“版本排序”的C++比较函数？

Question

I see Compare two string as numeric value and I can look at the source for the sort command-line utility. But to my surprise, I haven't found in Boost or StackOverflow a reference implementation of a generic string comparison of what man sort calls --version-sort – sorting strings with embedded numbers. I understand there are locale issues if we want to do full numeric sort with signs, separators, and decimals, but version sort seems much easier (and addresses the common case sequential file names that aren't zero-padded). Is there a common implementation of something like this?

If not, A naive generic implementation supporting just unsigned integers seems like it would be

1. Both empty => equal.
2. Find the first digits in each range.
3. std::lexicographical_compare_three_way the corresponding leading ranges.
4. If they aren't equal, we are done.
5. If they are equal, find the end of the digit spans.
6. Compare the corresponding digit spans numerically.
7. Recursively compare the remainder of the ranges.
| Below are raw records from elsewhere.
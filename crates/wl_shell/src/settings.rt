//! What one request sets of an xdg_positioner.

ghost use Rattle.std.specs.Prelude.{◌≡◌};
ghost use Rattle.wl_shell.specs.Settings.{is_allowed};

use wl_geom::Rect;

/// The greatest number of an anchor and of gravity: bottom_right.
const LAST_EDGE: u32 = 8;

/// What one request sets of an xdg_positioner (xdg-shell.xml, xdg_positioner). Lengths and places
/// are in pixels. Places are relative to the corner of the parent's window geometry.
#[derive(Clone, Copy)]
pub enum Setting {
    /// set_size: how wide and how high the popup's window geometry is to be.
    Size(i32, i32),
    /// set_anchor_rect: at which rectangle of its parent the popup is anchored.
    AnchorRect(Rect),
    /// set_anchor: at which edges or corner of the rectangle, by its number.
    Anchor(u32),
    /// set_gravity: to which side of the anchor the popup lies, by its number.
    Gravity(u32),
    /// set_constraint_adjustment: how the popup may be adjusted if it passes the bounds, by bits.
    Adjustment(u32),
    /// set_offset: how far to the right and down the popup is moved.
    Offset(i32, i32),
    /// set_reactive: the popup may be placed anew when its surroundings change.
    Reactive,
    /// set_parent_size: how wide and how high the parent's window geometry will be.
    ParentSize(i32, i32),
    /// set_parent_configure: the serial of the configure that the parent answers then.
    ParentConfigure(u32),
}

impl Setting {
    /// Whether it may be set: both sides of a size are positive, no side of an anchor rectangle is
    /// negative, and an anchor or gravity is at most 8. Others are refused with invalid_input.
    pub fn is_allowed(&self) -> bool
        ensures { result ≡ is_allowed self.now }
    {
        match *self {
            Setting::Size(w, h) => w > 0 && h > 0,
            Setting::AnchorRect(rect) => rect.w >= 0 && rect.h >= 0,
            Setting::Anchor(number) | Setting::Gravity(number) => number <= LAST_EDGE,
            Setting::Adjustment(_)
            | Setting::Offset(..)
            | Setting::Reactive
            | Setting::ParentSize(..)
            | Setting::ParentConfigure(_) => true,
        }
    }
}
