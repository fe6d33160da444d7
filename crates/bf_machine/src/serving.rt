//! Sessions served on one thread, in an order that is given, and then to their ends.

ghost use Rattle.std.specs.Prelude.{◌≡◌, ◌≢◌, ◌⊎◌, ℕ, ◌<◌, ◌≤◌, [], IfOk, IfSome, IsTrue, OnErr, OnOk, None, Ok, Some, false, length, slice_get, take};
ghost use Rattle.bf_machine.specs.declared.stand.Stand.TheVariants.{Begin, Statement};
ghost use Rattle.std.specs.List.{AllByRecursion};
ghost use Rattle.std.specs.Option.{option_map};
ghost use Rattle.boxcar.specs.Table.{Shows};
ghost use Rattle.bf_base.specs.declared.granule.Granule.{Granule as Moving};
ghost use Rattle.bf_base.specs.Lists.{rises};
ghost use Rattle.bf_image.specs.Migrations.{value_indexes};
ghost use Rattle.bf_live.specs.Replies.{IsWellBound};
ghost use Rattle.bf_store.specs.States.{AreGranules, AreGranulesIfAny, granule_cmp, most_moved, to_move};
ghost use Rattle.bf_store.specs.Stores.{IsOf, migration_of};
ghost use Rattle.bf_machine.specs.interleaving.Calls.{CanCommit, CanExec, CanRefuse, HasReplied, HasSessionEnded, IsEnough, IsPlace, IsPresent, StandsAs};
ghost use Rattle.bf_machine.specs.interleaving.Events.{Begins, Moves, Reaches};
ghost use Rattle.bf_machine.specs.interleaving.Journals.{AreSaid, IsOneRecord, Keeps, KeepsOrIsRefused};
ghost use Rattle.bf_machine.specs.interleaving.Kept.{IsKept};
ghost use Rattle.bf_machine.specs.interleaving.Machines.{Machine as Seen, Open, open_at, these};
ghost use Rattle.bf_machine.specs.interleaving.Serving.{CanGo, CannotGo, Driven, HasLocked, HasMovedFirst, HasMovedNeed, HasMovedSome, HasReply, IsAlone, IsBoundNext, IsCommit, IsEndIfAnswered, IsFollowed, IsInSequence, IsOfLocks, IsPreparedNext, IsToLock, IsTurn, IsTurnOf, IsYoungest, LeavesStore, MovesAll, Serves, Turned, can_go, deaths_at, unanswered};
ghost use Rattle.bf_machine.specs.declared.stand.Turn.TheVariants.{Served};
Where the digit-span portion is something like

#include <algorithm>
#include <cassert>
#include <cctype> // For std::isdigit
#include <string_view>


struct is_digit_t {
    // See https://en.cppreference.com/w/cpp/string/byte/isdigit
    [[nodiscard]] bool operator()(unsigned char c) const {
         return std::isdigit(c);
    }
    [[nodiscard]] bool operator()(const std::integral auto& c) const {
        if (c != static_cast<std::decay_t<decltype(c)>>(static_cast<unsigned char>(c))) {
            return false; // Has to be itself as an unsigned char.
        }
        return (*this)(static_cast<unsigned char>(c));
    }
};

template <typename It0, typename It1, typename IsDigit = is_digit_t>
std::strong_ordering compare_strings_containing_only_digits_three_way(
    It0 b0, It0 e0, 
    It1 b1, It1 e1,
    [[maybe_unused]] IsDigit is_digit = {})
{
    assert(std::all_of(b0, e0, is_digit));
    assert(std::all_of(b1, e1, is_digit));    
    // Skip leading zeros:
    auto nonzero = [](const auto& c) { return c != '0'; };
    const auto bnz0 = std::find_if_not(b0, e0, nonzero);
    const auto bnz1 = std::find_if_not(b1, e1, nonzero);
    const auto s0 = std::distance(bnz0, e0);
    const auto s1 = std::distance(bnz1, e1);
    if (s0 != s1) {
        return s0 < s1 ? std::strong_ordering::less : std::strong_ordering::greater;
    }
    // Same number of digits => lexicographical compare is numerical compare:
    const auto numerical = std::lexicographical_compare_three_way(b0, e0, b1, e1);
    if (numerical != 0) {
        return numerical;
    }
    // Tiebreaker: "1" < "01" < "001" < "2":
    return std::lexicographical_compare_three_way(b0, bnz0, b1, bnz1);
}

template <typename It0, typename It1, typename IsDigit = is_digit_t>
std::strong_ordering compare_strings_containing_unsigned_integers_three_way(
    It0 b0, It0 e0, 
    It1 b1, It1 e1,
    IsDigit is_digit = {}) 
{
    if (b0 == e0 && b1 == e1) { // Totally empty => equal.
        return std::strong_ordering::equal;
    }
    const auto numStart0 = std::find_if(b0, e0, is_digit);
    const auto numStart1 = std::find_if(b1, e1, is_digit);

    
    if (const auto leadingCmp = std::lexicographical_compare_three_way(b0, numStart0, b1, numStart1);
        leadingCmp != std::strong_ordering::equal) {
        return leadingCmp; // Don't have to worry about the numbers.
    }
    const auto numEnd0 = std::find_if_not(numStart0, e0, is_digit);
    const auto numEnd1 = std::find_if_not(numStart1, e1, is_digit);
    if (auto numberCmp = compare_strings_containing_only_digits_three_way(numStart0, numEnd0, numStart1, numEnd1, is_digit); 
        numberCmp != std::strong_ordering::equal) {
        return numberCmp; // Number-part tie-broke it.
    }
    // Recursively deal with everything after the first matched numbers:
    return compare_strings_containing_unsigned_integers_three_way(numEnd0, e0, numEnd1, e1);
}

https://godbolt.org/z/eEKbMj9vj

So...

• Does this seem right?
• Is there a cleaner way?
• Are there really no Boost algorithms for this?

Answer 1

std::sort requires O(N·log(N)) comparisons. Compare that to O(N) transforming each string individually to a number that can be compared via built-in < .

Instead of embedding the transformation in the comparison you should consider to populate a std::vector< std::pair<int, std::string>> and sort that via a simple std::sort(v.begin(),v.end()) and eventually extract the original strings to get the desired output.